Shouldn't we use getHasValue here?

Not quite:

  1. its a bit a redundant since we already need to check whether the value is a StructValue, line 274-5. I tried to keep it to where its use would not cause unnecessary additional checks.
  2. We don't want to create a new "has_value" here, given that the access is illegal in that case. We want the condition to fail in that case (line 282) and result in recording an error.
clang/unittests/Analysis/FlowSensitive/UncheckedOptionalAccessModelTest.cpp
2188–2260

Great point. I rethought the tests in general -- I'd mostly been copying them over, without carefully rethinking them. I've reduced the number of tests and added comments explaining their purposes. Essentially, we need to test that the synthetic value can be used like a normal field.

2280

No longer relevant.

2287

Covered.

ymandel updated this revision to Diff 429210.May 13 2022, 5:48 AM
ymandel marked 6 inline comments as done.

address reviewer comments and fix bug in how the nested value as _re_created -- now uses the loc's type rather than the expression's type (which doesn't always match exactly).

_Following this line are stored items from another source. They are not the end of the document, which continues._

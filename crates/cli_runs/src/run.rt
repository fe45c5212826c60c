//! The command `run`: the transcript of a scenario.
ghost use Rattle.std.specs.Prelude.{◌≡◌};
ghost use Rattle.std.specs.Option.{option_copied};
ghost use Rattle.cli_runs.specs.CommandStatus.{IsRunOf, IsTranscript, RunEnds};

use crate::run_request::{NONE_EARLIER, RunRequest, run_chosen};
use crate::view::RunView;
use cli_base::{Coloring, Host, Settings};
use cli_options::RunOptions;
use view_runs::TranscriptOptions;

/// Runs a scenario, and prints its transcript. Returns the exit status.
pub fn run_scenario<'a, H: Host>(
    host: &H,
    asked: &'a RunOptions<'a>,
    settings: Settings<'a>,
    coloring: Coloring,
) -> u8
    ensures { RunEnds (H.text_at host.now) asked.now settings.entry result }
{
    run_chosen(
        host,
        asked.machine,
        transcript_of(asked, settings, coloring),
    )
}

// Returns the run that the options ask for.
fn transcript_of<'a>(
    asked: &'a RunOptions<'a>,
    settings: Settings<'a>,
    coloring: Coloring,
) -> RunRequest<'a>
    ensures { IsRunOf asked.now.scenario.now settings.entry (IsTranscript (option_copied asked.now.only))
        (option_copied asked.now.only) result }
{
    let showing = TranscriptOptions {
        only: bytes_of(asked.only),
        accounts: asked.accounts,
        numbers: asked.numbers,
    };
    RunRequest {
        scenario: asked.scenario,
        settings,
        viewing: RunView::Run(showing, coloring),
        name: asked.only,
        earlier: NONE_EARLIER,
    }
}

// Returns the bytes of a name, if there is one.
fn bytes_of(name: Option<&str>) -> Option<&[u8]>
    ensures { option_copied result ≡ option_copied name.entry }
{
    match name {
        Some(name) => Some(name.as_bytes()),
        None => None,
    }
}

ymandel updated this revision to Diff 429211.May 13 2022, 5:54 AM

remove stray FIXME from previous diff

sgatev@ -- gentle ping.

sgatev accepted this revision.May 24 2022, 11:52 PM
ymandel updated this revision to Diff 435528.Jun 9 2022, 6:26 AM

rebase and merge

ymandel updated this revision to Diff 435537.Jun 9 2022, 7:17 AM

add missing blank line to test

This revision was landed with ongoing or failed builds.Jun 9 2022, 7:19 AM
This revision was automatically updated to reflect the committed changes.